Using the entries below, write out the line with "AreRuns 0 runs.now", the line with "if let Some(no) = read_rows(alloc, against, rows, &mut", and every line in between, exactly as each is written.

─── INPUT

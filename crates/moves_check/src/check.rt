//! The verdict on a list of changes.

ghost use Rattle.std.specs.Prelude.{◌≡◌, ◌<◌, ◌^◌, ℕ, [], cond, nat_lt, None, Some, map, option_map, IfOk, IfErr, OnOk, is_some};
ghost use Rattle.std.specs.Option.{option_or};
ghost use Rattle.table_model.specs.Width.{width};
ghost use Rattle.table_model.specs.Entries.{Entries, in_order};
ghost use Rattle.cert_model.specs.Verdict.{twice};
ghost use Rattle.cert_check.specs.Runs.{AreRuns, Below, RunsTell};
ghost use Rattle.cert_model.specs.Views.{row_as};
ghost use Rattle.fib_addr.specs.Views.{entry_as};
ghost use Rattle.fib_delta.specs.Views.{InPlace, change_as};
ghost use Rattle.moves_model.specs.Shortest.{AreShortest, AreProvedShortest};
ghost use Rattle.moves_model.specs.Verdict.{Twice, Apply, NotShortest, first_refused, changed_by, changed_by_all, moves_verdict, wrong_moves_row};
ghost use Rattle.moves_model.specs.Verdict.{too_many as model_too_many};
ghost use Rattle.table_model.specs.Changes.{after_change};
ghost use Rattle.moves_model.specs.Verdict.{answers_differ as model_answers_differ};
ghost use Rattle.moves_check.specs.Views.{no_moves_as, IfNoMoves, AreEntriesOf, AreChangesOf, AreRowsOf};
ghost use Rattle.moves_check.specs.Stack.{IsAsked};

use crate::refusal::{MovesError, NoMoves};
use crate::rows::{Against, Reading, read_rows};
use cert_check::{Run, differ_in, first_twice, runs_of};
use cert_model::Row;
use fib_addr::{Entry, Family};
use fib_delta::{ApplyError, Change, Table};
use std::alloc::{AllocError, Global};

/// A prefix that stands twice in the old table, or else in the routes.
fn find_repeat(
    alloc: Global,
    old: &[Entry],
    routes: &[Entry],
) -> Result<Option<NoMoves>, AllocError>
    ensures { IfOk result (λ no. option_map no_moves_as no ≡ option_or
        (option_map Twice (twice (map entry_as old.now)))
        (option_map Twice (twice (map entry_as routes.now)))) }
{
    if let Some(prefix) = first_twice(alloc, old)? {
        return Ok(Some(NoMoves::Twice { prefix }));
    }
    if let Some(prefix) = first_twice(alloc, routes)? {
        return Ok(Some(NoMoves::Twice { prefix }));
    }
    Ok(None)
}

/// The old table, in the order of prefixes. No prefix stands twice in it by then, so the table refuses no entry.
fn table_of(alloc: Global, old: &[Entry]) -> Result<Table, AllocError>
    ensures { IfOk result (λ t. t ≡ in_order (map entry_as old.now)) }
{
    let mut table = Table::new(alloc);
    for entry in old {
        if table.apply(&Change::Add(entry.prefix, entry.hop)).is_err() {
            return Err(AllocError);
        }
    }
    Ok(table)
}

/// Makes a change. Returns false if the table refuses it.
fn take(table: &mut Table, change: &Change) -> Result<bool, AllocError>
    ensures taken { IfOk result (λ b. b ≡ is_some (after_change (change_as change.now) table.old)) }
    ensures made { OnOk result (table.new ≡ changed_by (change_as change.now) table.old) }
{
    match table.apply(change) {
        Ok(()) => Ok(true),
        Err(ApplyError::NoMemory) => Err(AllocError),
        Err(_) => Ok(false),
    }
}

/// The first change that the table refuses; if there is none, the table has taken all.
fn find_refused(table: &mut Table, changes: &[Change]) -> Result<Option<NoMoves>, AllocError>
    ensures refused { IfOk result (λ no. option_map no_moves_as no ≡ option_map Apply
        (first_refused (map change_as changes.now) table.old 1)) }
    ensures made { IfOk result (λ no. no ≡ None
        → table.new ≡ changed_by_all (map change_as changes.now) table.old) }
{
    for i in 0..changes.len() {
        if !take(table, &changes[i])? {
            return Ok(Some(NoMoves::Apply {
                index: i as u64 + 1,
            }));
        }
    }
    Ok(None)
}

/// The least address that gets different hops, with both.
fn answers_differ(runs: &[Run], has: &[Run], family: Family) -> Option<NoMoves>
    requires first { AreRuns 0 runs.now }
    requires second { AreRuns 0 has.now }
    requires below { Below (2 ^ width family) runs.now }
    requires below_too { Below (2 ^ width family) has.now }
    ensures { (R N : Entries) → RunsTell family R runs.now → RunsTell family N has.now
        → option_map no_moves_as result ≡ model_answers_differ R N family }
{
    match differ_in(runs, has, family) {
        None => None,
        Some(differ) => Some(NoMoves::NotSame {
            addr: differ.addr,
            want: differ.first,
            has: differ.second,
        }),
    }
}

/// A row that is wrong, or else that there are too many changes.
fn wrong_in(
    alloc: Global,
    against: &Against<'_>,
    changes: &[Change],
    rows: &[Row],
) -> Result<Option<NoMoves>, AllocError>
    requires old { InPlace (map entry_as against.now.old.now) }
    requires family { AreRowsOf against.now.family (map row_as rows.now) }
    ensures { IfOk result (λ no. (R T : Entries) → IsAsked against.now R T → option_map no_moves_as no
        ≡ option_or (wrong_moves_row R T against.now.family (map row_as rows.now) [] 1)
        (model_too_many R T against.now.family (map change_as changes.now))) }
{
    let mut reading = Reading {
        stack: Vec::new(alloc),
        place: 0,
        bound: None,
    };
    if let Some(no) = read_rows(alloc, against, rows, &mut reading)? {
        return Ok(Some(no));
    }
    Ok(too_many(reading.bound, changes.len() as u64))
}

/// More changes than the bound.
fn too_many(bound: Option<u64>, changes: u64) -> Option<NoMoves>
    ensures { (b : ℕ) → bound ≡ Some b → option_map no_moves_as result
        ≡ cond (nat_lt b changes) (Some (NotShortest changes b)) None }
{
    match bound {
        Some(bound) if bound < changes => Some(NoMoves::NotShortest { changes, bound }),
        _ => None,
    }
}

/// The first thing that is wrong.
fn first_wrong(
    alloc: Global,
    family: Family,
    old: &[Entry],
    routes: &[Entry],
    changes: &[Change],
    rows: &[Row],
) -> Result<Option<NoMoves>, AllocError>
    requires { AreRowsOf family (map row_as rows.now) }
    ensures { IfOk result (λ no. option_map no_moves_as no ≡ moves_verdict family (map entry_as old.now)
        (map entry_as routes.now) (map change_as changes.now) (map row_as rows.now)) }
{
    if let Some(no) = find_repeat(alloc, old, routes)? {
        return Ok(Some(no));
    }
    let mut table = table_of(alloc, old)?;
    let kept = table.entries()?;
    if let Some(no) = find_refused(&mut table, changes)? {
        return Ok(Some(no));
    }
    let changed = table.entries()?;
    let runs = runs_of(alloc, routes, family)?;
    let has = runs_of(alloc, &changed, family)?;
    if let Some(no) = answers_differ(&runs, &has, family) {
        return Ok(Some(no));
    }
    let against = Against {
        family,
        old: &kept,
        runs: &runs,
    };
    wrong_in(alloc, &against, changes, rows)
}

/// Checks that the changes make the old table answer as the routes do, and that the rows prove that no fewer changes would do.
/// Nobody's word is taken for it. All is of one family; rows up to the first of the other family are judged as those that end there.
///
/// # Errors
///
/// What is wrong, the first in this order: a prefix that stands twice in the old table, then in the routes; a change that the
/// table refuses, over the old entries in the order of prefixes; the least address that the changed table answers otherwise; the
/// first wrong row; more changes than the bound. Or out of memory.
pub fn check_moves(
    alloc: Global,
    family: Family,
    old: &[Entry],
    routes: &[Entry],
    changes: &[Change],
    rows: &[Row],
) -> Result<(), MovesError>
    requires old { AreEntriesOf family (map entry_as old.now) }
    requires routes { AreEntriesOf family (map entry_as routes.now) }
    requires changes { AreChangesOf family (map change_as changes.now) }
    requires rows { AreRowsOf family (map row_as rows.now) }
    ensures shortest { OnOk result (AreShortest family (map entry_as routes.now)
        (map entry_as old.now) (map change_as changes.now)) }
    ensures proved { OnOk result (AreProvedShortest family (map entry_as routes.now)
        (map entry_as old.now) (map change_as changes.now) (map row_as rows.now)) }
    ensures unproved { IfErr result (λ e. IfNoMoves e (λ x. AreProvedShortest family
        (map entry_as routes.now) (map entry_as old.now) (map change_as changes.now)
        (map row_as rows.now) → ⊥)) }
    ensures wrong { IfErr result (λ e. IfNoMoves e (λ x. moves_verdict family (map entry_as old.now)
        (map entry_as routes.now) (map change_as changes.now) (map row_as rows.now)
        ≡ Some (no_moves_as x))) }
{
    match first_wrong(alloc, family, old, routes, changes, rows)? {
        None => Ok(()),
        Some(no) => Err(MovesError::NoMoves(no)),
    }
}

──────

* _THE ANSWER_
    requires first { AreRuns 0 runs.now }
    requires second { AreRuns 0 has.now }
    requires below { Below (2 ^ width family) runs.now }
    requires below_too { Below (2 ^ width family) has.now }
    ensures { (R N : Entries) → RunsTell family R runs.now → RunsTell family N has.now
        → option_map no_moves_as result ≡ model_answers_differ R N family }
{
    match differ_in(runs, has, family) {
        None => None,
        Some(differ) => Some(NoMoves::NotSame {
            addr: differ.addr,
            want: differ.first,
            has: differ.second,
        }),
    }
}

/// A row that is wrong, or else that there are too many changes.
fn wrong_in(
    alloc: Global,
    against: &Against<'_>,
    changes: &[Change],
    rows: &[Row],
) -> Result<Option<NoMoves>, AllocError>
    requires old { InPlace (map entry_as against.now.old.now) }
    requires family { AreRowsOf against.now.family (map row_as rows.now) }
    ensures { IfOk result (λ no. (R T : Entries) → IsAsked against.now R T → option_map no_moves_as no
        ≡ option_or (wrong_moves_row R T against.now.family (map row_as rows.now) [] 1)
        (model_too_many R T against.now.family (map change_as changes.now))) }
{
    let mut reading = Reading {
        stack: Vec::new(alloc),
        place: 0,
        bound: None,
    };
    if let Some(no) = read_rows(alloc, against, rows, &mut reading)? {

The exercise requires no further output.